**Problem to work on:** What you return must be every line below that includes the word "refused".

+++++

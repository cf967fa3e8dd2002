//! Which parameters decide widths, and which are times.

ghost use Rattle.std.specs.Prelude.{◌≡◌, ◌≢◌, ℕ, Some, IfNone, IfOk, IfSome, OnOk, slice_get, true};
ghost use Rattle.lft_classes.specs.declared.{scopes.ReactorNames.ReactorNames, shapes.Inherited.Inherited as InheritedMember};
ghost use Rattle.lft_classes.specs.inner.{Built.cores, Shapes.tables};
ghost use Rattle.lft_classes.specs.inner.Needs.{AreNeedMarks, HasNeed, HasNoMarkedIndex, IsIndexFree, IsParameterIn, IsPassed, IsPassedIn, IsReadyToDecide, IsTimeIn, IsUnmarkedAt, Marks, NamesParameter, IsDecided};
ghost use Rattle.lft_classes.specs.Needs.{Times, Widths};

use crate::shapes::{Inherited, Shape};
use lft_whole::sources::{NoProgram, Why};
use lft_whole::{Assignment, Connection, Count, Expression, Instance, Member, Width, WrittenValue};
use std::alloc::Global;

/// For each parameter of a shape whether it decides a width, and whether it is a time.
#[derive(Drop)]
struct Needs {
    sized: Vec<bool>,
    timed: Vec<bool>,
}

/// The parameter that is named where a value stands.
fn named(shape: &Shape, value: &Expression) -> Option<usize>
    ensures some { IfSome result (IsParameterIn shape.now value.now) }
    ensures none { IfNone result ((n : ℕ) → IsParameterIn shape.now value.now n → ⊥) }
{
    match &value.value {
        WrittenValue::Word(word) => shape.parameter(word.as_str()),
        _ => None,
    }
}

/// Notes the parameter of this number.
fn mark(list: &mut Vec<bool>, parameter: usize)
    ensures { Marks (λ n. n ≡ parameter) list.old.items list.new.items }
{
    // True of each number that is given. Asked here, so that no caller has to show it.
    if parameter < list.len() {
        list[parameter] = true;
    }
}

/// Notes the parameter of this number, if it is needed.
fn mark_if(list: &mut Vec<bool>, parameter: usize, is_needed: bool)
    ensures { Marks (λ n. (is_needed ≡ true) × (n ≡ parameter)) list.old.items list.new.items }
{
    if is_needed {
        mark(list, parameter);
    }
}

/// Refuses a bank of a reactor with a width or a time that needs the number in the bank.
fn refuse_by_index(inner: &Shape, file: usize, instance: &Instance) -> Result<(), NoProgram>
    ensures { OnOk result (HasNoMarkedIndex inner.now instance.now) }
{
    // A bank has one setting for all its members, and here each of them would need its own.
    if instance.width.is_some()
        && let Some(index) = inner.parameter("bank_index")
    {
        if inner.is_sized(index) {
            return Err(NoProgram::at(Why::WidthByIndex, file, instance.name.at));
        }
        if inner.is_timed(index) {
            return Err(NoProgram::at(Why::NoTime, file, instance.name.at));
        }
    }
    Ok(())
}

impl Needs {
    /// Notes what stands where a time does.
    fn note_time(&mut self, shape: &Shape, value: &Option<Expression>)
        ensures sized { self.new.sized ≡ self.old.sized }
        ensures timed { Marks (IsTimeIn shape.now value.now) self.old.timed.items self.new.timed.items }
    {
        let Some(value) = value else {
            return;
        };
        // What names no parameter is refused where the time is read. Here only the parameters are wanted.
        let Some(parameter) = named(shape, value) else {
            return;
        };
        mark(&mut self.timed, parameter);
    }

    /// Notes the parameters that a width names.
    fn note_width(
        &mut self,
        shape: &Shape,
        file: usize,
        width: &Option<Width>,
    ) -> Result<(), NoProgram>
        ensures sized { OnOk result (Marks (NamesParameter shape.now width.now) self.old.sized.items self.new.sized.items) }
        ensures timed { self.new.timed ≡ self.old.timed }
    {
        let Some(width) = width else {
            return Ok(());
        };
        for term in &width.terms {
            if let Count::Word(word) = &term.count {
                let Some(parameter) = shape.parameter(word.as_str()) else {
                    return Err(NoProgram::at(Why::UnknownParameter, file, term.at));
                };
                mark(&mut self.sized, parameter);
            }
        }
        Ok(())
    }

    /// Notes the parameter that is given to one that an instance needs.
    fn note_assignment(&mut self, shape: &Shape, inner: &Shape, assignment: &Assignment)
        ensures sized { Marks (IsPassed Widths shape.now inner.now assignment.now) self.old.sized.items self.new.sized.items }
        ensures timed { Marks (IsPassed Times shape.now inner.now assignment.now) self.old.timed.items self.new.timed.items }
    {
        // A name that is no parameter doesn't come: it was refused when the values were put in order.
        let Some(needed) = inner.parameter(assignment.name.text.as_str()) else {
            return;
        };
        let Some(parameter) = named(shape, &assignment.value) else {
            return;
        };
        mark_if(&mut self.sized, parameter, inner.is_sized(needed));
        mark_if(&mut self.timed, parameter, inner.is_timed(needed));
    }

    /// Notes the parameters that are given to those that an instance needs.
    fn note_given(&mut self, shape: &Shape, inner: &Shape, given: &[Assignment])
        ensures sized { Marks (IsPassedIn Widths shape.now inner.now given.now) self.old.sized.items self.new.sized.items }
        ensures timed { Marks (IsPassedIn Times shape.now inner.now given.now) self.old.timed.items self.new.timed.items }
    {
        for assignment in given {
            self.note_assignment(shape, inner, assignment);
        }
    }

    /// Notes what a connection needs.
    fn note_connection(&mut self, shape: &Shape, connection: &Connection)
        ensures sized { self.new.sized ≡ self.old.sized }
        ensures timed { Marks (IsTimeIn shape.now connection.now.delay) self.old.timed.items self.new.timed.items }
    {
        self.note_time(shape, &connection.delay);
    }

    /// Notes what an instance needs, which is the member of this number.
    fn note_instance(
        &mut self,
        shapes: &[Shape],
        shape: &Shape,
        number: usize,
        inherited: Inherited,
        instance: &Instance,
    ) -> Result<(), NoProgram>
        ensures sized { OnOk result (Marks (HasNeed Widths shapes.now shape.now number (Member.Instance instance.now)) self.old.sized.items self.new.sized.items) }
        ensures timed { OnOk result (Marks (HasNeed Times shapes.now shape.now number (Member.Instance instance.now)) self.old.timed.items self.new.timed.items) }
        ensures index { OnOk result (IsUnmarkedAt shapes.now shape.now number (Member.Instance instance.now)) }
    {
        self.note_width(shape, inherited.file, &instance.width)?;
        let Some(child) = shape.child(number) else {
            return Ok(());
        };
        let Some(inner) = shapes.get(child.shape) else {
            return Ok(());
        };
        self.note_given(shape, inner, &instance.given);
        refuse_by_index(inner, inherited.file, instance)?;
        Ok(())
    }

    /// Notes what the member of this number needs.
    fn note(
        &mut self,
        shapes: &[Shape],
        shape: &Shape,
        number: usize,
        inherited: Inherited,
    ) -> Result<(), NoProgram>
        ensures sized { OnOk result (Marks (HasNeed Widths shapes.now shape.now number inherited.entry.member.now) self.old.sized.items self.new.sized.items) }
        ensures timed { OnOk result (Marks (HasNeed Times shapes.now shape.now number inherited.entry.member.now) self.old.timed.items self.new.timed.items) }
        ensures index { OnOk result (IsUnmarkedAt shapes.now shape.now number inherited.entry.member.now) }
    {
        match inherited.member {
            Member::Port(port) => self.note_width(shape, inherited.file, &port.width)?,
            Member::Timer(timer) => {
                self.note_time(shape, &timer.offset);
                self.note_time(shape, &timer.period);
            }
            // Its spacing isn't noted: a logical action may have none but 0, and that of a physical one means
            // nothing here.
            Member::Action(action) => self.note_time(shape, &action.min_delay),
            Member::Connection(connection) => self.note_connection(shape, connection),
            Member::Instance(instance) => {
                self.note_instance(shapes, shape, number, inherited, instance)?;
            }
            Member::Reaction(_) | Member::Foreign { .. } => {}
        }
        Ok(())
    }
}

/// What a shape needs of its parameters, where that is known of the shapes in it.
fn needs_of(alloc: Global, shapes: &[Shape], shape: &Shape) -> Result<Needs, NoProgram>
    ensures sized { IfOk result (λ needs. AreNeedMarks Widths shapes.now shape.now needs.sized.items) }
    ensures timed { IfOk result (λ needs. AreNeedMarks Times shapes.now shape.now needs.timed.items) }
    ensures index { OnOk result ((k : ℕ) (m : InheritedMember) → slice_get shape.now.members.items k ≡ Some m → IsUnmarkedAt shapes.now shape.now k m.member.now) }
{
    let count = shape.parameters.len();
    let mut needs = Needs {
        sized: vec![in alloc; false; count]?,
        timed: vec![in alloc; false; count]?,
    };
    for number in 0..shape.members.len() {
        needs.note(shapes, shape, number, shape.members[number])?;
    }
    Ok(needs)
}

/// Decides it for the shape of this number. Those in it come before.
pub(crate) fn decide(alloc: Global, shapes: &mut Vec<Shape>, number: usize) -> Result<(), NoProgram>
    ensures tables { OnOk result (tables shapes.new.items ≡ tables shapes.old.items) }
    ensures cores { OnOk result (cores shapes.new.items ≡ cores shapes.old.items) }
    ensures decided { OnOk result ((scopes : ReactorNames) (first : ℕ) → IsReadyToDecide scopes first shapes.old.items number → IsDecided scopes shapes.new.items number) }
    ensures index { OnOk result ((scopes : ReactorNames) (first : ℕ) → IsReadyToDecide scopes first shapes.old.items number → IsIndexFree scopes (cores shapes.old.items) (tables shapes.old.items) number) }
    ensures kept { OnOk result ((scopes : ReactorNames) (s : ℕ) → s ≢ number → IsDecided scopes shapes.old.items s → IsDecided scopes shapes.new.items s) }
{
    if number >= shapes.len() {
        return Ok(());
    }
    let Needs { sized, timed } = needs_of(alloc, shapes, &shapes[number])?;
    let shape = &mut shapes[number];
    shape.sized = sized;
    shape.timed = timed;
    Ok(())
}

+++++

**Solution below:**
        // What names no parameter is refused where the time is read. Here only the parameters are wanted.
        // A name that is no parameter doesn't come: it was refused when the values were put in order.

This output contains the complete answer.